>>>>
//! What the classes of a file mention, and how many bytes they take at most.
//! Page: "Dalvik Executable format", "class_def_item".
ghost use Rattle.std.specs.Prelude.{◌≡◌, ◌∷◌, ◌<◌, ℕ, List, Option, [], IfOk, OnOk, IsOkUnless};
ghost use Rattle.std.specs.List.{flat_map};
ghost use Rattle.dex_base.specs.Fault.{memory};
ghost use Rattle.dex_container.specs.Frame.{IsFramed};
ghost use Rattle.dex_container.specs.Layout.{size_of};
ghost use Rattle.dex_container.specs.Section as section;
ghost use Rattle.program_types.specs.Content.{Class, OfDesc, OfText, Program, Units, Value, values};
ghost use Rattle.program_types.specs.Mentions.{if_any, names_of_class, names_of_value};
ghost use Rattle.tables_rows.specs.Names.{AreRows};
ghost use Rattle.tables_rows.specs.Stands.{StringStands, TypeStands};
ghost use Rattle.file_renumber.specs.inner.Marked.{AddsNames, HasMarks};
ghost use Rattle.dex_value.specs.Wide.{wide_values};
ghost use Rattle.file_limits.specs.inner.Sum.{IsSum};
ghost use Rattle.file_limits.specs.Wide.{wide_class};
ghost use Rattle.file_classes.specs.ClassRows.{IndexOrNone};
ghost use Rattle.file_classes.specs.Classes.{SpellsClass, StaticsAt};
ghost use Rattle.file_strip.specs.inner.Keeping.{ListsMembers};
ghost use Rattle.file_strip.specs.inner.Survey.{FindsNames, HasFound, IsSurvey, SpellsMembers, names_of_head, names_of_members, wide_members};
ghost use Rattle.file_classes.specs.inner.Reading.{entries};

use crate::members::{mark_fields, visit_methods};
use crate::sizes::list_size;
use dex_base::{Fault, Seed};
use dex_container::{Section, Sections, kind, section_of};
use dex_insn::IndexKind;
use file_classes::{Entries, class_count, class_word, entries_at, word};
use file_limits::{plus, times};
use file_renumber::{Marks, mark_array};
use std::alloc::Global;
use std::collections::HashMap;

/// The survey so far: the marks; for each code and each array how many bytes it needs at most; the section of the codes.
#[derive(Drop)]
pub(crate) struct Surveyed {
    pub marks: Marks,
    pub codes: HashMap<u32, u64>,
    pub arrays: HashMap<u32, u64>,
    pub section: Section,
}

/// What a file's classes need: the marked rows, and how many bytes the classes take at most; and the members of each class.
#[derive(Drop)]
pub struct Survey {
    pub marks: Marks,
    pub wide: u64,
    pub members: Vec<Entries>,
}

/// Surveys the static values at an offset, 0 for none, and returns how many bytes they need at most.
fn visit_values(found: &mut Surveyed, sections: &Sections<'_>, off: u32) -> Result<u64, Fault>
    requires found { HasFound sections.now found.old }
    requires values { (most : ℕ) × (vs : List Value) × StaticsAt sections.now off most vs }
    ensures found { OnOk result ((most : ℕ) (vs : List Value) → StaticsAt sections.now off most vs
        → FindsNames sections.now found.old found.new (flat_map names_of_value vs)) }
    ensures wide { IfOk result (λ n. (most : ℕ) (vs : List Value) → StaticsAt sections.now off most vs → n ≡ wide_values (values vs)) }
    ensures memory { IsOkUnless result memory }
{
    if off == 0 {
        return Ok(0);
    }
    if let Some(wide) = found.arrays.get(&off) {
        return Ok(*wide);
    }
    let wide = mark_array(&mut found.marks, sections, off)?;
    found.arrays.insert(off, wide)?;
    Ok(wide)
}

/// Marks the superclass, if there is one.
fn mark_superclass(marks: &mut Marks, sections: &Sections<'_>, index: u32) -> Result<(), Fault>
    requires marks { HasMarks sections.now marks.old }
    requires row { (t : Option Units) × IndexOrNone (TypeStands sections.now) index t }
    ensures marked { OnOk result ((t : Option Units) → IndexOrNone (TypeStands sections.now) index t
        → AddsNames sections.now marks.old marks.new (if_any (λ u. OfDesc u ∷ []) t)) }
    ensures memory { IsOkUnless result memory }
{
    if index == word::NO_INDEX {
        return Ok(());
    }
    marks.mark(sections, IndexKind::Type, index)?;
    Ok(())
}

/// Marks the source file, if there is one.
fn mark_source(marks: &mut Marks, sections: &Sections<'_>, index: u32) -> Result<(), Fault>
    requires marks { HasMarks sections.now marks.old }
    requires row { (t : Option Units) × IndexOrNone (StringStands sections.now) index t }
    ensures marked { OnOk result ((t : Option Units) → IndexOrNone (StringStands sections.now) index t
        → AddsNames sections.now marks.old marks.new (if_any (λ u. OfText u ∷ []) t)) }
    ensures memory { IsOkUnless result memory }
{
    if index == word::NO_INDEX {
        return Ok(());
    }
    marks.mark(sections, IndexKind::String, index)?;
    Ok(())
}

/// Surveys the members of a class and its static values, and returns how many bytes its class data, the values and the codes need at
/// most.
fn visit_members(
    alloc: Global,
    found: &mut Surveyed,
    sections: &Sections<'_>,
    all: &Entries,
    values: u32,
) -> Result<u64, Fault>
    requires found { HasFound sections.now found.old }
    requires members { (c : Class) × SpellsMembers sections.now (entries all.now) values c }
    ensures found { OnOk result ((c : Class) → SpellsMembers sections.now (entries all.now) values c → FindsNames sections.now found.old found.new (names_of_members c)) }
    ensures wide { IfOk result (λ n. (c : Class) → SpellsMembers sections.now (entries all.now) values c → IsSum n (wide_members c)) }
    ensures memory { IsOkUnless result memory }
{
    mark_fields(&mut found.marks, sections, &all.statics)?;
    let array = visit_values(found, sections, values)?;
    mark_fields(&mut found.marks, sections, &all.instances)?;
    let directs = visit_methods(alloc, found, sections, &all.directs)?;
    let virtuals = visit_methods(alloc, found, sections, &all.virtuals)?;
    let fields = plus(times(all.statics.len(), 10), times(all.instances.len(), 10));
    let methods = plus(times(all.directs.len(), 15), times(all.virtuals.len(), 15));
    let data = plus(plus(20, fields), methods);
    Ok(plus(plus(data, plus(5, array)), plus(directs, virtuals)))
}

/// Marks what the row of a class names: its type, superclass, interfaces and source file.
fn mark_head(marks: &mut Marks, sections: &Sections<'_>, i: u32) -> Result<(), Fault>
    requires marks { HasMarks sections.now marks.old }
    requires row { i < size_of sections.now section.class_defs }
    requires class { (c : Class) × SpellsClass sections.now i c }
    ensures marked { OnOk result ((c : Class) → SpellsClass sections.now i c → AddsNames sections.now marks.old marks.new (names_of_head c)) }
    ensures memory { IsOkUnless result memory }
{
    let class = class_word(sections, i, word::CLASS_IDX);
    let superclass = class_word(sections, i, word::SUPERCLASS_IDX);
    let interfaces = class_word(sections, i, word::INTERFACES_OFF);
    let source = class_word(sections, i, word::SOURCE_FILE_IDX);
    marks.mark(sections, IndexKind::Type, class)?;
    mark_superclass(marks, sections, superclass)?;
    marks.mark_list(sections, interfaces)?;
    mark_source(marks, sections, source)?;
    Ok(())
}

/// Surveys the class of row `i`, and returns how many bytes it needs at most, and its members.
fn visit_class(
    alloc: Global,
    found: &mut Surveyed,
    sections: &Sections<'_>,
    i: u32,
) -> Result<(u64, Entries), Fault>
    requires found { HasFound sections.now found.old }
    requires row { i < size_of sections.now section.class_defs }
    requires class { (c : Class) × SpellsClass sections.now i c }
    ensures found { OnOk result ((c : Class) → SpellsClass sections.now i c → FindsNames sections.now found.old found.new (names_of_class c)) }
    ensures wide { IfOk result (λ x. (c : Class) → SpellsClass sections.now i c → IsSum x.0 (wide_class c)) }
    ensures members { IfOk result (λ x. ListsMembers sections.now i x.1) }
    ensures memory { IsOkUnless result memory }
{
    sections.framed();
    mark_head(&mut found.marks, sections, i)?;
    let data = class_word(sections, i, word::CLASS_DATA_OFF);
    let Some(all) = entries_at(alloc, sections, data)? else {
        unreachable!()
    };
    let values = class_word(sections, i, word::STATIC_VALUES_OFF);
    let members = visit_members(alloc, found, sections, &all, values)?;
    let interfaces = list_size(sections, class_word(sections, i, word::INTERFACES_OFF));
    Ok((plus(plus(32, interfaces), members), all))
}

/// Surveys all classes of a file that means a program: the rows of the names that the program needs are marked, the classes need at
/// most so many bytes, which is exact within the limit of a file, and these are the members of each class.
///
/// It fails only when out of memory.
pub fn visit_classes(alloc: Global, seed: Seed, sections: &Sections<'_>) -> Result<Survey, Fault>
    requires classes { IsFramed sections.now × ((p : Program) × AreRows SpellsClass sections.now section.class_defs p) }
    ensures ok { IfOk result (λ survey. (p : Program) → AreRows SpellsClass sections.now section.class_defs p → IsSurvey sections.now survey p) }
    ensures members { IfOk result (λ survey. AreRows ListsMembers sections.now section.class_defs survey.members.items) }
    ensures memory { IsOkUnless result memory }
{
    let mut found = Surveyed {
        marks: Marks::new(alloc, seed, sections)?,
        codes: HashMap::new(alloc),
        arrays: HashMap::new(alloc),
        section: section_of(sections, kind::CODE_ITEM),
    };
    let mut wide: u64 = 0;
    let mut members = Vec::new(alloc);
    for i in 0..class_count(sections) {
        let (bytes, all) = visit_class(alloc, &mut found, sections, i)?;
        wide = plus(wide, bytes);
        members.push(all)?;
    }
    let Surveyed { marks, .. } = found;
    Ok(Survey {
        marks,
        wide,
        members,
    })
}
<<<<
TASK BRIEF: Locate all lines in the listing above with the word "TypeStands". Copy them.

SOLUTION TO THE PROBLEM:
ghost use Rattle.tables_rows.specs.Stands.{StringStands, TypeStands};
    requires row { (t : Option Units) × IndexOrNone (TypeStands sections.now) index t }
    ensures marked { OnOk result ((t : Option Units) → IndexOrNone (TypeStands sections.now) index t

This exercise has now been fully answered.